Monday, March 8, 2010

H.A.T.E.U.

Going through a tough break up can really try your personal resolve in ways you may have never imagined. Depending on the number of years invested, the transgression committed, or even the realization that the two of you just aren't going to work, can be a tough bite to swallow. No one likes feeling like they have failed- no one. There are so many emotions you go through in those first few weeks or months when you are newly released. The grieving process truly applies here like no other. Sometimes we are ready, so the steps are quick. In that instance, we are so OVER that individual, that we don't even realise we have gone through all of the different phases- its straight up "On-to-the-next...". Other times we are so broken, we can distinctly feel every single step of the way: the Denial and Isolation, the Anger, the Bargaining, the Depression, and then finally the breakthrough when we get to Acceptance.

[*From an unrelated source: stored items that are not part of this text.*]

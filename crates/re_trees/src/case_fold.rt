ghost use Rattle.std.specs.Prelude.{◌≡◌, map};
ghost use Rattle.re_trees.specs.{Working.Trees.expression_of, Holds.folded};

use crate::tree::Tree;

/// The expression with both cases of each of its letters (XCU grep, option `-i`). The set of each
/// `Set` or `Not` is closed under case, so a complement is taken after that. The tree is changed in
/// place, and no memory is allocated.
pub fn fold(mut tree: Tree) -> Tree
    ensures { expression_of result ≡ folded (expression_of tree) }
{
    fold_tree(&mut tree);
    tree
}

/// Folds a tree. Its frames are small, since a pattern may nest trees deep.
#[cycle(fold)]
fn fold_tree(tree: &mut Tree)
    ensures { expression_of tree.new ≡ folded (expression_of tree.old) }
{
    match tree {
        Tree::Empty => {}
        Tree::Begin => {}
        Tree::End => {}
        Tree::Set(set) => *set = set.closed(),
        Tree::Not(set) => *set = set.closed(),
        Tree::Cat(parts) => fold_all(parts),
        Tree::Alt(parts) => fold_all(parts),
        Tree::Repeat(part, _, _) => fold_tree(part),
    }
}

/// Folds each of the trees.
#[cycle(fold)]
fn fold_all(parts: &mut Vec<Tree>)
    ensures { map expression_of parts.new.items ≡ map folded (map expression_of parts.old.items) }
{
    for i in 0..parts.len() {
        fold_tree(&mut parts[i]);
    }
}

If any one feels you, boo, I feel you. I had a tough break up a few years back- so tough I never actually made it to the last and final phase, Acceptance (truly another story for another time). But I can remember transitioning in and around those first 4 phases over and over again for nearly a year. It was truly an emotional roller coaster: Not believing we had really failed at something I wanted so much, then mad at her, then him, and finally mad at myself. I played stupid games with myself through the bargaining process, "Im only going to call him once today", "Baby, I just want to be with you, whatever that means", "I've decided, we cant talk anymore" (then calling him the next day). Girl, I was a total mess- (just so you know, I've been giving myself a MAJOR side eye as I recall some of those all too familiar feelings and delusions.) I distinctly remember the depression- not getting out of bed, not applying myself, staying away from friends. Every sad song that came on the radio made me think of him and sent me reeling into a perpetual and confusing cycle of denial, depression, poor reasoning, and even begging! Thank the Lord for deliverance! But sometimes, a special song would come on that old faithful ipod, giving me a glimmer of hope- some R&B crooner saying they weren't gonna cry, they were through with love because ain't no feeling like being free, etc.-- which helped me to get a little closer to recovery. Mariah Carey's most recent album, Memoirs of an Imperfect Angel has one such song that you should DEFINITELY get familiar with no matter your current relationship status.




"I can't wait to hate you/ make you, pain like i do.. /still can't shake you off.. /I can't wait to break through these emotional changes.. /seems like such a loss cause /I can't wait to face you, break you, down so low /there's no place left to go../ I cant wait to hate you..."


H.A.T.E.U. (abbreviation for Having A Typical Emotional Upset), the third song on the album, focuses on the Anger phase of the recovery process. Though Mimi places H.A.T.ing him further towards the end of the grief cycle- the sentiment is truly SPOT ON. All we really want to do when we have been hurt or left or have lost someone is to get to that point where you really just don't give a damn anymore. Mariah suggests that if she could just get to the point where she hates him, that maybe she can finally move on, but as long as she cares in the way she currently does- she can never be free. Ms. Mimi Cannon truly delivers with this one. Have a listen, I'm sure if you've ever been there, you will absolutely relate.